Example: On a 175,000 mortgage at 3 percent, the monthly payment is fixed at about 737. Most of the early payment goes to interest and the balance only drops slightly each month. Even though the interest rate appears low, amortization causes more than 90,000 in interest to be paid over 30 years, which is roughly 51 percent of the original loan amount, meaning the homeowner pays back well over one and a half times what was originally borrowed. Extra payments require deliberate action and do not reduce interest until the next payment cycle. The lender controls the schedule and timing, not the homeowner.

Credit Card Payment Out of the HELOC

HELOC System: You pay your credit cards from the HELOC as part of your monthly flow. The HELOC balance rises a little but your next paycheck drops it again. This lets you use the credit card for rewards or float while still using the HELOC to control interest costs. Everything works together and nothing interrupts your progress. YOU are in control.

Example: At month’s end, 3,000 is paid from the HELOC to clear the credit cards, raising the balance temporarily. The next 6,000 paycheck immediately drops the balance again. The interest impact is short lived because you are in control.

Traditional Mortgage: You pay credit cards from checking. The mortgage is never touched by this activity which means your payments and balances operate in completely separate worlds. Nothing you do with spending reduces mortgage interest.

Example: Credit cards are paid from checking. The mortgage balance is unaffected, and interest continues accruing at the same rate with no acceleration or benefit.

“Income” Flows Into the HELOC

HELOC System: Your entire paycheck and income from all sources goes directly into the HELOC. This immediately pushes the balance down which reduces the daily interest charged. Your income is working the moment it enters the account. Instead of sitting in checking earning nothing your money is reducing interest and opening up more available credit. This single change gives middle class families a natural and ongoing advantage without needing to earn more or change their lifestyle.

Example: A 6,000 paycheck is deposited directly into the HELOC, immediately reducing the balance from 175,000 to 169,000. Daily interest drops the same day from about 33.56 per day to about 32.41 per day.

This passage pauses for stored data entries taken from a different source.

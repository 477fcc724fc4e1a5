// Which values a letter takes to an element, listed in scratch for every letter. A value is known by its number: an element by
// its own, the empty word's by the size of the table. The list of a letter and an element goes from the last value back to the
// first: byte 57344 + (a * 65 + x) has the last value, and byte 59392 + (a * 65 + c) the value before c. A byte is one more
// than the number, or 0 where the list ends.
#![tactic(auto)]

ghost use Rattle.std.specs.Prelude.{◌≡◌, ◌+◌, ◌<◌};
ghost use Rattle.formats.proofs.Tables.{Table};
ghost use Rattle.formats.specs.Table.{morphism_at};
ghost use Rattle.scratch.specs.Preimages.{after_letter, PreimagesRoom, PreimagesListed};
ghost use Rattle.mark_preimages.specs.Listing.{ValueNeeds, ValueListed, LetterRoom, LetterListed};

use rule_table::{image, product};
use scratch::{FIRST_PREIMAGES_BASE, NEXT_PREIMAGES_BASE};

// The element of the value with number c and then the letter a.
fn after_letter(rule: &[u8], n: usize, k: usize, a: usize, c: usize) -> usize
    requires table { Table rule.now n k }
    requires a_lt_k { a < k }
    ensures { result ≡ after_letter (morphism_at rule.now n k) a c }
{
    let h = image(rule, n, a);
    if c < n {
        return product(rule, n, c, h);
    }
    h
}

// Puts the value c in front of the list of the letter a and the element x.
fn list_value(scratch: &mut [u8], a: usize, c: usize, x: usize)
    requires { ValueNeeds scratch.old a c x }
    ensures { ValueListed scratch.old scratch.new a c x }
{
    scratch[NEXT_PREIMAGES_BASE + (a * 65 + c)] = scratch[FIRST_PREIMAGES_BASE + (a * 65 + x)];
    scratch[FIRST_PREIMAGES_BASE + (a * 65 + x)] = (c + 1) as u8;
}

// The lists of one letter: every value in the order of the numbers.
fn list_letter(rule: &[u8], n: usize, k: usize, scratch: &mut [u8], a: usize)
    requires table { Table rule.now n k }
    requires a_lt_k { a < k }
    requires letter_room { LetterRoom scratch.old a }
    ensures { LetterListed (morphism_at rule.now n k) a (n + 1) scratch.old scratch.new }
{
    // By number: values are the numbers to n.
    for c in 0..n + 1 {
        let x = after_letter(rule, n, k, a, c);
        list_value(scratch, a, c, x);
    }
}

// The lists of every letter.
pub fn list_preimages(rule: &[u8], n: usize, k: usize, scratch: &mut [u8])
    requires table { Table rule.now n k }
    requires preimages_room { PreimagesRoom scratch.old }
    ensures { PreimagesListed (morphism_at rule.now n k) scratch.old scratch.new }
{
    // By number: letters are the numbers below k.
    for a in 0..k {
        list_letter(rule, n, k, scratch, a);
    }
}
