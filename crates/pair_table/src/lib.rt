// The rule of the pairs of values of two rules, its table and letters: a product goes half by half, and each pair is known by its place in
// the list. All stands in one lent slice, as specs/Layout says.
#![tactic(auto)]

ghost use Rattle.std.specs.Prelude.{◌≡◌, ◌+◌, ◌*◌, ◌<◌};
ghost use Rattle.pair_list.specs.Pairs.{number_at, TwoTables};
ghost use Rattle.scratch.specs.Map.{laid_images_base, laid_products_base};
ghost use Rattle.scratch.specs.Rows.{RowFilled, RowsFilled};
ghost use Rattle.pair_table.specs.Layout.{NumberNeeds, PairsNeeds, pair_product, pair_image};

use rule_table::{image, product};
use scratch::{
    LAID_IMAGES_BASE, LAID_PRODUCTS_BASE, PAIR_LEFTS_BASE, PAIR_NUMBERS_BASE, PAIR_RIGHTS_BASE,
};

// The place of a pair with a number: one less.
fn place_of(scratch: &[u8], s: usize, t: usize) -> u8
    requires { NumberNeeds scratch.now s t }
    ensures { result + 1 ≡ number_at scratch.now s t }
{
    scratch[PAIR_NUMBERS_BASE + (s * 64 + t)] - 1
}

// The place of the product of two pairs.
fn pair_product(
    first: &[u8],
    n1: usize,
    second: &[u8],
    n2: usize,
    k: usize,
    count: usize,
    scratch: &[u8],
    i: usize,
    j: usize,
) -> u8
    requires two_tables { TwoTables first.now n1 second.now n2 k }
    requires pairs_needs { PairsNeeds first.now n1 second.now n2 k count scratch.now }
    requires i_lt_count { (i < count) × (j < count) }
    ensures { result + 1 ≡ pair_product first.now n1 second.now n2 scratch.now i j }
{
    let a = scratch[PAIR_LEFTS_BASE + i] as usize;
    let b = scratch[PAIR_LEFTS_BASE + j] as usize;
    let c = scratch[PAIR_RIGHTS_BASE + i] as usize;
    let d = scratch[PAIR_RIGHTS_BASE + j] as usize;
    let s = product(first, n1, a, b);
    let t = product(second, n2, c, d);
    place_of(scratch, s, t)
}

// The products of pair i.
fn products_row(
    first: &[u8],
    n1: usize,
    second: &[u8],
    n2: usize,
    k: usize,
    count: usize,
    scratch: &mut [u8],
    i: usize,
)
    requires two_tables { TwoTables first.now n1 second.now n2 k }
    requires pairs_needs { PairsNeeds first.now n1 second.now n2 k count scratch.old }
    requires i_lt_count { i < count }
    ensures { RowFilled (λ j byte. byte + 1 ≡ pair_product first.now n1 second.now n2 scratch.old i j) (laid_products_base + i * count) count scratch.old scratch.new }
{
    // By index: each byte is worked out from the slice that it is written to.
    for j in 0..count {
        let place = pair_product(first, n1, second, n2, k, count, scratch, i, j);
        scratch[LAID_PRODUCTS_BASE + (i * count + j)] = place;
    }
}

// The products of all pairs, by rows.
pub fn lay_products(
    first: &[u8],
    n1: usize,
    second: &[u8],
    n2: usize,
    k: usize,
    count: usize,
    scratch: &mut [u8],
)
    requires two_tables { TwoTables first.now n1 second.now n2 k }
    requires pairs_needs { PairsNeeds first.now n1 second.now n2 k count scratch.old }
    ensures { RowsFilled (λ i j byte. byte + 1 ≡ pair_product first.now n1 second.now n2 scratch.old i j) laid_products_base count count count scratch.old scratch.new }
{
    // By number: pairs are the numbers below count.
    for i in 0..count {
        products_row(first, n1, second, n2, k, count, scratch, i);
    }
}

// The pair of each letter.
pub fn lay_images(
    first: &[u8],
    n1: usize,
    second: &[u8],
    n2: usize,
    k: usize,
    count: usize,
    scratch: &mut [u8],
)
    requires two_tables { TwoTables first.now n1 second.now n2 k }
    requires pairs_needs { PairsNeeds first.now n1 second.now n2 k count scratch.old }
    ensures { RowFilled (λ x byte. byte + 1 ≡ pair_image first.now n1 second.now n2 scratch.old x) laid_images_base k scratch.old scratch.new }
{
    // By index: each byte is worked out from the slice that it is written to.
    for x in 0..k {
        let s = image(first, n1, x);
        let t = image(second, n2, x);
        let place = place_of(scratch, s, t);
        scratch[LAID_IMAGES_BASE + x] = place;
    }
}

Interest is now calculated on the lower balance every day until expenses are paid as the interest is based off the average 30 day balance.

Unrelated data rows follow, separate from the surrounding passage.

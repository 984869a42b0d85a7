// Sets of routes, the plain scan and the priority trie over bit strings of any length: definitions and laws alone, no code.
#![tactic(auto)]
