#![tactic(auto)]

ghost use Rattle.std.specs.Prelude.{◌≡◌, List, ℕ, ◌*◌, ◌≤◌, ◌<◌, length};
ghost use Rattle.model.specs.State.{State};
ghost use Rattle.model.specs.Store;
ghost use Rattle.model.specs.Refusals.{TierFits};
ghost use Rattle.shape_answer.specs.Lists.{path_list_of, tier_list_of};
ghost use Rattle.pool_range.specs.Lent.{seen};
ghost use Rattle.rule_lookup.specs.Tiers.{range_end, Seen, Told};

use model::Span;
use pool_range::RangesRef;
use rule_resolve::span_bytes;

// Where the range that holds block o of node v ends, of the n records of store s.
fn range_end(ranges: RangesRef, s: usize, n: usize, v: usize, o: usize) -> Option<usize>
    requires { (s < 8)
        × (n ≤ 128)
        × (1024 ≤ length ranges.node.now)
        × (1024 ≤ length ranges.start.now)
        × (1024 ≤ length ranges.end.now) }
    ensures { result ≡ range_end v o (Store.ranges (seen ranges.entry) (128 * s) n) }
{
    let a = 128 * s;
    let i = (a..a + n).find(|&i| ranges.node[i] == v && ranges.start[i] <= o && o < ranges.end[i])?;
    Some(ranges.end[i])
}

// How many tier spans were found, and for each tier the sum of their blocks and of their bytes.
#[derive(Clone, Copy)]
pub struct LookupParts {
    pub spans: usize,
    pub blocks: [u64; 8],
    pub bytes: [u64; 8],
}

// Along a path from block 0: at each offset the first tier whose store holds it answers, up to its range's end or the segment's. The walk stops at the
// first offset that no tier holds.
pub fn lookup_resolved(
    depth: &[usize],
    ranges: RangesRef,
    bytes: &[u64],
    path_node: &[usize],
    path_len: &[usize],
    span_tier: &mut [usize],
    span_node: &mut [usize],
    span_start: &mut [usize],
    span_end: &mut [usize],
    records: [usize; 8],
    segs: usize,
    tiers: &[usize],
) -> LookupParts
    requires by_index { (st : State)
        × (hs : List ℕ)
        × Seen depth.now (seen ranges) bytes.now records (path_list_of path_node.now path_len.now) segs tiers.now st hs }
    requires tier_fits { TierFits (tier_list_of span_tier.old span_node.old span_start.old span_end.old) }
    ensures { (st : State) (hs : List ℕ)
        → Seen depth.now (seen ranges.entry) bytes.now records (path_list_of path_node.now path_len.now) segs tiers.now st hs
        → Told st tiers.now hs
        (tier_list_of span_tier.old span_node.old span_start.old span_end.old)
        (tier_list_of span_tier.new span_node.new span_start.new span_end.new) result }
{
    let mut spans = 0;
    let mut blocks = [0u64; 8];
    let mut sums = [0u64; 8];
    'segments: for i in 0..segs {
        let v = path_node[i];
        let z = path_len[i];
        let mut off = 0;
        while off < z {
            let (t, upto) = 'tier: {
                for (t, &s) in tiers.iter().enumerate() {
                    if let Some(e) = range_end(ranges, s, records[s], v, off) {
                        break 'tier (t, e.min(z));
                    }
                }
                (tiers.len(), off)
            };
            if upto == off {
                // No tier holds this block.
                break 'segments;
            }
            let span = Span {
                node: v,
                start: off,
                end: upto,
            };
            blocks[t] += (upto - off) as u64;
            sums[t] += span_bytes(depth, bytes, span);
            span_tier[spans] = t;
            span_node[spans] = v;
            span_start[spans] = off;
            span_end[spans] = upto;
            spans += 1;
            off = upto;
        }
    }
    LookupParts {
        spans,
        blocks,
        bytes: sums,
    }
}
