//! A reader that gives a few bytes a call and fails at a given call.
ghost use Rattle.std.specs.Prelude.{◌≡◌, ◌<◌, Some};

use std::io::{self, ErrorKind, Read};

/// Gives at most `step` bytes a call, and at least one while there are some. Call number `fails_at`, from
/// 1, is interrupted and gives nothing; 0 means none.
#[derive(Drop)]
pub(crate) struct SlowReader<'a> {
    /// What is left.
    rest: &'a [u8],
    step: usize,
    fails_at: u64,
    /// How many reads there were.
    pub(crate) calls: u64,
    ghost steps: { 0 < step },
}

impl SlowReader<'_> {
    /// A reader of these bytes that wasn't called yet.
    pub(crate) fn new(rest: &[u8], step: usize, fails_at: u64) -> SlowReader<'_>
        requires { 0 < step }
        ensures rest { result.rest.now ≡ rest.now }
        ensures step { result.step ≡ step }
        ensures fails_at { result.fails_at ≡ fails_at }
        ensures calls { result.calls ≡ 0 }
    {
        SlowReader {
            rest,
            step,
            fails_at,
            calls: 0,
        }
    }
}

impl Read for SlowReader<'_> {
    ghost remaining = { λ r. Some r.rest.now };

    fn read(&mut self, buf: &mut [u8]) -> io::Result<usize> {
        self.calls = self.calls.saturating_add(1);
        if self.calls == self.fails_at {
            return Err(io::Error::from(ErrorKind::Interrupted));
        }
        let n = self.step.min(buf.len()).min(self.rest.len());
        let (front, rest) = self.rest.split_at(n);
        buf[..n].copy_from_slice(front);
        self.rest = rest;
        Ok(n)
    }
}
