//! A reader that sees how much a writer holds by the time of each read, as someone who follows a growing
//! log does.

use std::alloc::Global;
use std::cell::Cell;
use std::io::{self, Read, Write};

/// Takes all bytes of each call, and shows how many it holds.
#[derive(Drop)]
pub(crate) struct WatchedWriter<'a> {
    /// What was written.
    pub(crate) bytes: Vec<u8>,
    shown: &'a Cell<usize>,
}

impl<'a> WatchedWriter<'a> {
    /// A writer that holds nothing, and shows in the cell how many bytes it holds after each call.
    pub(crate) fn new(alloc: Global, shown: &'a Cell<usize>) -> Self {
        WatchedWriter {
            bytes: Vec::new(alloc),
            shown,
        }
    }
}

impl Write for WatchedWriter<'_> {
    fn write(&mut self, buf: &[u8]) -> io::Result<usize> {
        self.bytes.extend_from_slice(buf)?;
        self.shown.set(self.bytes.len());
        Ok(buf.len())
    }

    fn flush(&mut self) -> io::Result<()> {
        Ok(())
    }
}

/// Gives one piece a call, then the end. What doesn't fit into the buffer is lost.
#[derive(Drop)]
pub(crate) struct WatchingReader<'a> {
    pieces: &'a [&'a str],
    given: usize,
    shown: &'a Cell<usize>,
    /// What the cell showed as each read began.
    pub(crate) seen: Vec<usize>,
}

impl<'a> WatchingReader<'a> {
    /// A reader of these pieces, which looks at the cell that a writer sets.
    pub(crate) fn new(alloc: Global, pieces: &'a [&'a str], shown: &'a Cell<usize>) -> Self {
        WatchingReader {
            pieces,
            given: 0,
            shown,
            seen: Vec::new(alloc),
        }
    }
}

impl Read for WatchingReader<'_> {
    fn read(&mut self, buf: &mut [u8]) -> io::Result<usize> {
        self.seen.push(self.shown.get())?;
        let Some(piece) = self.pieces.get(self.given) else {
            return Ok(0);
        };
        self.given = self.given.saturating_add(1);
        let n = piece.len().min(buf.len());
        buf[..n].copy_from_slice(&piece.as_bytes()[..n]);
        Ok(n)
    }
}
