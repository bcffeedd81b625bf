//! Devices over a reader and a writer in memory that move a few bytes a call, fail at a given call and count
//! their calls. No clause can see how often a device calls its reader or writer: these tests do.
use crate::suite::asserted::equal;
use crate::suite::slow_reader::SlowReader;
use crate::suite::slow_writer::SlowWriter;
use smap_io::{Device, Failed};

/// The number of calls, the failures, whether the device is over, and whether a call came after that.
fn noted<T>(device: &Device<T>) -> (u64, u64, bool, bool) {
    let (calls, failures) = (device.calls(), device.failures());
    (calls, failures, device.is_over(), device.has_gone_on())
}

#[test]
fn a_read_is_one_call_also_where_it_fails(rt: HostRuntime) {
    let mut device = Device::new(SlowReader::new(b"abc", 2, 2));
    let mut buf = [0; 4];
    let some = (device.read(&mut buf), noted(&device));
    let failed = (device.read(&mut buf), noted(&device), buf);
    let rest = (device.read(&mut buf[..1]), noted(&device));
    let end = (device.read(&mut buf), device.ended(), buf);
    equal(&rt, "some", some, (Ok(2), (1, 0, false, false)));
    equal(
        &rt,
        "failed",
        failed,
        (Err(Failed), (2, 1, true, false), *b"ab\0\0"),
    );
    equal(&rt, "rest", rest, (Ok(1), (3, 1, true, true)));
    equal(&rt, "end", end, (Ok(0), true, *b"cb\0\0"));
    equal(&rt, "calls", device.into_inner().calls, 4);
}

#[test]
fn only_a_read_of_nothing_into_room_is_the_end(rt: HostRuntime) {
    let mut device = Device::new(SlowReader::new(b"", 2, 0));
    let mut buf = [0; 4];
    let nowhere = (device.read(&mut buf[..0]), device.ended());
    let end = (device.read(&mut buf), device.ended());
    equal(&rt, "nowhere", nowhere, (Ok(0), false));
    equal(&rt, "end", end, (Ok(0), true));
    equal(&rt, "calls", device.into_inner().calls, 2);
}

#[test]
fn a_write_or_a_flush_is_one_call_also_where_it_fails(rt: HostRuntime) {
    let mut device = Device::new(SlowWriter::new(rt.alloc(), 2, 3));
    let some = (device.write(b"abc"), noted(&device));
    let none = (device.write(b""), noted(&device));
    let failed = (device.write(b"c"), noted(&device));
    let flush = (device.flush(), noted(&device));
    equal(&rt, "some", some, (Ok(2), (1, 0, false, false)));
    equal(&rt, "none", none, (Ok(0), (2, 0, false, false)));
    equal(&rt, "failed", failed, (Err(Failed), (3, 1, true, false)));
    equal(&rt, "flush", flush, (Ok(()), (4, 1, true, true)));
    let writer = device.into_inner();
    equal(&rt, "calls", (writer.calls, writer.flushes), (4, 1));
    let mut full = Device::new(SlowWriter::new(rt.alloc(), 0, 3));
    let answers = (full.write(b"a"), full.write(b""), full.flush());
    equal(&rt, "full", answers, (Err(Failed), Ok(0), Err(Failed)));
    equal(
        &rt,
        "calls",
        (full.failures(), full.into_inner().calls),
        (2, 3),
    );
}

Traditional Mortgage: Your paycheck lands in checking and sits there doing nothing. Meanwhile your mortgage balance stays the same until your one monthly payment leaves your account. All month long you pay maximum interest because nothing is lowering your mortgage balance between payments. Not to mention your mortgage often has escrow which is an annual/bi-annual payment for taxes and insurance that benefits the lender throughout the year until your bill is due.

Example: The 6,000 paycheck sits in checking. The mortgage balance remains at 175,000 for the entire month. Interest accrues daily on the full balance until the single monthly payment is applied.

Credit Cards & Expenses

Using the Credit Cards to Pay Monthly Expenses

HELOC System: You use the credit cards to pay your bills through the month. Since your paycheck lowered the balance when it came into your HELOC and your spending raises it only as needed the average daily balance stays lower. This reduces interest costs without requiring extra money. You still live your normal life but in a more efficient financial flow. No more escrow means you now benefit from that portion of your payments previously benefitting the lender.

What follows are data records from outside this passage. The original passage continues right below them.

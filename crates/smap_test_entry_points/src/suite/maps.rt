//! Maps that are read and composed, by calls that the program doesn't make too.
use crate::suite::asserted::equal;
use crate::suite::reading::{base, read};
use smap_compose::compose;
use smap_record::{Base, Limits, ReadError, SourceMap, TokenView, WrittenSources};
use std::process::Abort;

/// The line and column of a mapping; if it has an original, the number of its source, its line, its column,
/// and its name.
type Told<'a> = (u32, u32, Option<(usize, u32, u32, Option<&'a str>)>);

fn told(token: TokenView<'_>) -> Told<'_> {
    let original = match token.original {
        Some(o) => Some((o.source_number, o.line, o.column, o.name)),
        None => None,
    };
    (token.line, token.column, original)
}

/// Two sections. The first has an ignored source with a content, listed twice; the second has a null source
/// and a mapping with a name, which are numbered after those of the first.
const MAP: &str = concat!(
    r#"{"version":3,"file":"o","sections":[{"offset":{"line":0,"column":0},"map":{"version":3,"#,
    r#""sourceRoot":"r","sources":["a.js","./a.js"],"sourcesContent":["t","t"],"ignoreList":[0,1],"#,
    r#""names":["m"],"mappings":"A,CCEG"}},{"offset":{"line":1,"column":4},"map":{"version":3,"#,
    r#""sources":[null],"names":["n"],"mappings":"CAAAA"}}]}"#,
);

fn has_mappings(rt: &impl Abort, map: &SourceMap) {
    assert!(rt; map.token_count() == 3);
    equal(rt, 0, told(map.token(0)), (0, 0, None));
    equal(rt, 1, told(map.token(1)), (0, 1, Some((0, 2, 3, None))));
    let last = map.token(2);
    equal(rt, 2, told(last), (1, 5, Some((1, 0, 0, Some("n")))));
}

fn is_read(rt: &impl Abort, read: Result<SourceMap, ReadError>) {
    let map = read.expect(rt, "the map is read");
    has_mappings(rt, &map);
}

fn has_written(rt: &impl Abort, written: &WrittenSources) {
    assert!(rt; written.len() == 3);
    let second = (written.source(1), written.root(1));
    equal(rt, "written", second, (Some("./a.js"), Some("r")));
}

fn is_read_as_written(rt: &impl Abort, read: Result<(SourceMap, WrittenSources), ReadError>) {
    let (map, written) = read.expect(rt, "the map is read");
    has_written(rt, &written);
    is_read(rt, Ok(map));
}

/// Asserts that the map is read, also from bytes that are handed over.
fn is_read_by_each_call(rt: &(impl Abort + AllocGlobal), base: &Base) {
    let (alloc, bytes, limits) = (rt.alloc(), MAP.as_bytes(), Limits::usual());
    is_read(rt, SourceMap::from_slice(alloc, bytes, base, limits));
    let owned = Vec::from_slice(alloc, bytes).expect(rt, "memory");
    is_read_as_written(
        rt,
        SourceMap::from_vec_as_written(alloc, owned, base, limits),
    );
}

#[test]
fn a_map_is_read(rt: HostRuntime) {
    is_read_by_each_call(&rt, &base(&rt));
}

const OUTER: &str = concat!(
    r#"{"version":3,"sources":["m.js","v.js"],"names":["x","y"],"#,
    r#""mappings":"AAAAA,IAASC,ICETD"}"#,
);

const INNER: &str = r#"{"version":3,"sources":["a.ts"],"names":["name"],"mappings":"AAAA,KAGEA"}"#;

fn is_composition(rt: &impl Abort, map: &SourceMap) {
    assert!(rt; map.token_count() == 3);
    equal(
        rt,
        1,
        told(map.token(1)),
        (0, 4, Some((0, 3, 2, Some("name")))),
    );
    equal(
        rt,
        2,
        told(map.token(2)),
        (0, 8, Some((1, 2, 0, Some("x")))),
    );
}

#[test]
fn a_map_is_composed(rt: HostRuntime) {
    let outer = read(&rt, OUTER);
    let inner = [read(&rt, INNER)];
    let composed = compose(
        rt.alloc(),
        &outer,
        &inner,
        &[Some(0), None],
        Limits::usual(),
    );
    is_composition(&rt, &composed.expect(&rt, "the maps are composed"));
}
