//! A map that is built call by call, and why calls of a builder fail.
use crate::suite::asserted::{equal, holds};
use crate::suite::reading::{base, read};
use smap_canon::{canonical, same};
use smap_compose::{BuildError, Builder};
use smap_mappings::{Original, SegmentKind, Token};
use smap_record::{Limits, SourceMap};
use std::process::Abort;

const BUILT: &str = concat!(
    r#"{"file":"out.js","ignoreList":[1],"mappings":"AAECA;ICFD,ADKA","names":["f"],"#,
    r#""sources":["http://h/m/a.ts","http://h/m/b.ts"],"sourcesContent":[null,"B"],"version":3}"#,
);

/// A mapping of this position to this source and this position there.
fn mapping(generated: (u32, u32), source: u32, place: (u32, u32), name: Option<u32>) -> Token {
    Token {
        line: generated.0,
        column: generated.1,
        original: Some(Original {
            source,
            line: place.0,
            column: place.1,
            name,
        }),
    }
}

/// What the builder is told of its sources and its name; the numbers that it gives.
fn with_sources(
    rt: &(impl Abort + AllocGlobal),
    builder: &mut Builder,
) -> Result<[u32; 4], BuildError> {
    let alloc = rt.alloc();
    let first = builder.source(alloc, Some("a.ts"))?;
    let second = builder.source(alloc, Some("b.ts"))?;
    builder.set_content(alloc, second, Some("B"))?;
    builder.set_ignored(second, true)?;
    let again = builder.source(alloc, Some("./a.ts"))?;
    let name = builder.name(alloc, "f")?;
    Ok([first, second, again, name])
}

/// Builds the map, whose mappings aren't added in their order.
fn build(rt: &(impl Abort + AllocGlobal), mut builder: Builder) -> Result<SourceMap, BuildError> {
    builder.set_file(rt.alloc(), Some("out.js"))?;
    let numbers = with_sources(rt, &mut builder)?;
    equal(rt, "numbers", numbers, [0, 1, 0, 0]);
    builder.add(mapping((1, 4), 1, (0, 0), None))?;
    let others = [
        mapping((0, 0), 0, (2, 1), Some(0)),
        mapping((1, 4), 0, (5, 0), None),
    ];
    equal(rt, "others", builder.add_all(&others), Ok(()));
    Ok(builder.finish(rt.alloc())?)
}

#[test]
fn a_map_is_built(rt: HostRuntime) {
    let builder = Builder::new(rt.alloc(), base(&rt), Limits::usual());
    let map = build(&rt, builder).expect(&rt, "a map is built");
    let bytes = canonical(rt.alloc(), &map).expect(&rt, "memory");
    equal(&rt, "bytes", bytes.as_slice(), BUILT.as_bytes());
    holds(&rt, "read again", same(&map, &read(&rt, BUILT)));
}

/// Asserts why calls fail that don't add a mapping, in a builder that takes one source and one name.
fn are_refused(rt: &(impl Abort + AllocGlobal), builder: &mut Builder) {
    let alloc = rt.alloc();
    let refused = builder.source(alloc, Some("http://["));
    equal(rt, "URL", refused, Err(BuildError::SourceUrl));
    equal(rt, "null", builder.source(alloc, None), Ok(0));
    let second = builder.source(alloc, Some("b.ts"));
    equal(rt, "second source", second, Err(BuildError::TooMany));
    let content = builder.set_content(alloc, 1, None);
    equal(rt, "content", content, Err(BuildError::Source));
    let ignored = builder.set_ignored(1, false);
    equal(rt, "ignored", ignored, Err(BuildError::Source));
    equal(rt, "name", builder.name(alloc, ""), Ok(0));
    let second = builder.name(alloc, "g");
    equal(rt, "second name", second, Err(BuildError::TooMany));
}

/// Asserts why a mapping isn't added, and that it keeps one before it from being added with it.
fn is_refused(rt: &impl Abort, builder: &mut Builder, token: Token, kind: SegmentKind) {
    equal(rt, token, builder.fault_of(token), Some(kind));
    let fault = BuildError::Mapping(kind);
    equal(rt, token, builder.add(token), Err(fault));
    let both = [mapping((0, 0), 0, (0, 0), None), token];
    equal(rt, token, builder.add_all(&both), Err((1, fault)));
}

#[test]
fn each_fault_is_told(rt: HostRuntime) {
    let limits = Limits::new(1, 2).expect(&rt, "these are limits");
    let mut builder = Builder::new(rt.alloc(), base(&rt), limits);
    are_refused(&rt, &mut builder);
    for &(generated, source, place, name, kind) in &[
        ((2, 0), 1, (0, 0), None, SegmentKind::GeneratedLine),
        ((1, 1 << 31), 1, (0, 0), None, SegmentKind::Column),
        ((1, 0), 1, (1 << 31, 0), None, SegmentKind::Source),
        (
            (1, 0),
            0,
            (1 << 31, 1 << 31),
            None,
            SegmentKind::OriginalLine,
        ),
        (
            (1, 0),
            0,
            (0, 1 << 31),
            Some(1),
            SegmentKind::OriginalColumn,
        ),
        ((1, 0), 0, (0, 0), Some(1), SegmentKind::Name),
    ] {
        is_refused(
            &rt,
            &mut builder,
            mapping(generated, source, place, name),
            kind,
        );
    }
}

Example: Monthly expenses of 3,000 are paid gradually on credit cards. The HELOC balance stays lower early in the month due to the paycheck deposit. Even as spending raises the balance, the average daily balance remains far below 175,000, reducing total interest for the month.

Traditional Mortgage: You spend money from checking and only touch the mortgage once a month. You get no benefit from your income between payment cycles which means you pay more interest and build equity very slowly.

Example: Expenses are paid from checking. The mortgage balance remains unchanged all month, so interest accrues on the full 175,000 regardless of income timing or spending behavior.